SELECT DISTINCT length(embedding)
FROM chunks

And see what it returns? I have a feeling that some of the embeddings lengths are not 3072 (768*4), which might be causing the segfault

MahmoudFawzyKhalil commented 1 year ago

Thank you for the quick support!

  1. Testing the code works
  2. Sadly it returns a single row with 3072 as the length

Also: in the example you sent me if I set the vector length when creating the virtual table to something like 10, it just truncates the rest, it does not segfault.

MahmoudFawzyKhalil commented 1 year ago

I managed to reproduce the issue in the script you sent:

  1. Create a file db with one connection
  2. Execute some statements on that connection
  3. Close it
  4. Create another connection and do the insert into the vss_table

Using just a single connection in my code solved the issue. Also, re-running the script on the same database is fine even though it opens a new connection, as long as it is the only one opened in that run.

import sqlite3
from typing import List, Any

import sqlite_vss
import numpy as np

db = sqlite3.connect("bla.db")
db.enable_load_extension(True)
sqlite_vss.load(db)

print(db.execute("select vss_version()").fetchone()[0])

db.executescript("""
CREATE TABLE IF NOT EXISTS resources (
    id INTEGER PRIMARY KEY,
    url TEXT,
    title TEXT
);

CREATE TABLE IF NOT EXISTS chunks (
    id INTEGER PRIMARY KEY,
    chunk TEXT,
    embedding BLOB,
    resource_id INTEGER,
    FOREIGN KEY (resource_id) REFERENCES resources (id)
);

CREATE VIRTUAL TABLE vss_chunks USING vss0(
  chunk_embedding(10)
);

INSERT INTO resources (url, title)
  VALUES ("foo", "bar");

""")
db.execute("""
INSERT INTO chunks (chunk, embedding, resource_id)
  VALUES ("foo", ?, 1);
""", [np.zeros((1, 768), dtype=np.float32)])
db.commit()

print(db.execute("SELECT * FROM chunks").fetchall())
# Close connection and create a new one
db.close()

db = sqlite3.connect("bla.db")
db.enable_load_extension(True)
sqlite_vss.load(db)

db.execute("""
INSERT INTO vss_chunks (rowid, chunk_embedding)
  SELECT rowid, embedding
  FROM chunks;
""")
db.commit()

results = db.execute("select rowid, vector_debug(chunk_embedding), * from vss_chunks").fetchall()

print(results)

db.close()
asg017 commented 1 year ago

Thank you @MahmoudFawzyKhalil ! I can now reproduce, attempting a fix

asg017 commented 1 year ago

Smallest possible repro:

.open tmp.db
.load dist/debug/vector0
.load dist/debug/vss0

CREATE VIRTUAL TABLE vss_chunks USING vss0(
  chunk_embedding(1)
);

.open tmp.db
.load dist/debug/vector0
.load dist/debug/vss0

INSERT INTO vss_chunks (rowid, chunk_embedding)
  SELECT 2, json_array(1);

If you create a vss0 table, don't insert any data, close the connection, open a new connection, and then try to insert into the table, it segfault. This is because we only serialize the Faiss index after write transactions are commited. But if you don't insert into the table when it's first created, there's no write transaction commit, so the index never gets written.

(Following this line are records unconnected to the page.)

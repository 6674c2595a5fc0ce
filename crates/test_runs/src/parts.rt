// The listing in parts: lists of one block with 128 words each, joined from index 0 on, are the full listing
// (document 02, wish 7).
use test_array::outcomes::Reply;
use test_array::records::{Record, Records, is_list_of};
use test_array::words::WORDS;
use test_compare::arrays::Arrays;
use test_model::Call;
use test_random::runs::PART_WORDS;

// The most blocks of a run, at depth 6.
const MOST_BLOCKS: u32 = 64;

// Puts the first records of a list array behind the others.
fn append(joined: &mut Records, list: &[u64], records: u64) {
    for pair in list.chunks_exact(2).take(records as usize) {
        if let [key, value] = *pair {
            let _ = joined.try_push(Record { key, value });
        }
    }
}

// Lists the block at an index, and puts what it lists behind the joined records. Answers the next block's index.
fn join_part(arrays: &mut Arrays, joined: &mut Records, index: u64) -> Option<u64> {
    let seen = arrays.compare(Call::ListBlock {
        index,
        room: PART_WORDS,
    });
    let Ok(Reply::Listed { records, next }) = seen.reply else {
        arrays.expect(false);
        return None;
    };
    append(joined, &arrays.listed, records);
    next
}

// Lists the blocks from index 0 on, each where the one before says, and joins what they list.
fn join_parts(arrays: &mut Arrays) -> Records {
    let mut joined = Records::new();
    let mut index: Option<u64> = Some(0);
    for _ in 0..MOST_BLOCKS {
        if let Some(at) = index {
            index = join_part(arrays, &mut joined, at);
        }
    }
    arrays.expect(index.is_none());
    joined
}

// Compares the joined parts with the full listing, word for word.
pub(crate) fn compare_parts(arrays: &mut Arrays) {
    let joined = join_parts(arrays);
    let whole = arrays.compare(Call::List { room: WORDS });
    let is_whole = is_list_of(&arrays.listed, &joined);
    arrays.expect(is_whole && matches!(whole.reply, Ok(Reply::Value(_))));
}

Will add a new test case and a new version bump shortly.

MahmoudFawzyKhalil commented 1 year ago

Thank you @asg017

bkono commented 1 year ago

Following for the fix as well. Was meaning to submit a bug report this week about the same behavior, noticed when I included the table setup as part of migrations in an app. Workaround (and what I did originally, which masked the issue) was to perform the table setup after seeding the database.

Looking forward to being able to remove the temporary hack around I had in place :)

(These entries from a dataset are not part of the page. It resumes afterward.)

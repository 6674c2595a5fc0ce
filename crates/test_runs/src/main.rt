// Family 2 of the test: long runs by document 01's rule, at the depths 2 to 6, with keys that collide.
// Puts that split and merges are cut at every number of their stores, mended and made again. A run ends
// with its keys taken away one by one, and a merge behind each. After each step, and where a call was cut
// before each mend, every key is looked up and compared with the plain table. Behind the random steps, and
// behind one key of eight that are taken away, the lists of one block, joined, are compared with the full
// listing.
#![tactic(auto)]

mod parts;
mod run;

use run::make_run;
use std::io;
use test_compare::arrays::Arrays;
use test_compare::family::run_family;
use test_random::settings::setting_for;

// The runs.
const RUNS: u32 = 160;

// All runs.
fn test_runs(arrays: &mut Arrays) {
    for number in 0..RUNS {
        make_run(arrays, setting_for(number));
    }
}

fn main(rt: HostRuntime) -> io::Result<()> {
    run_family(&rt, "2 runs", test_runs)
}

asg017 commented 1 year ago

This has now been fixed in v0.0.5. The loadable extensions/python package/npm package/deno module have all been updated as well.

Will close, but please file another issue if you find anything else! Thanks for the initial report.

bkono commented 1 year ago

Confirmed working for my use case. Thanks!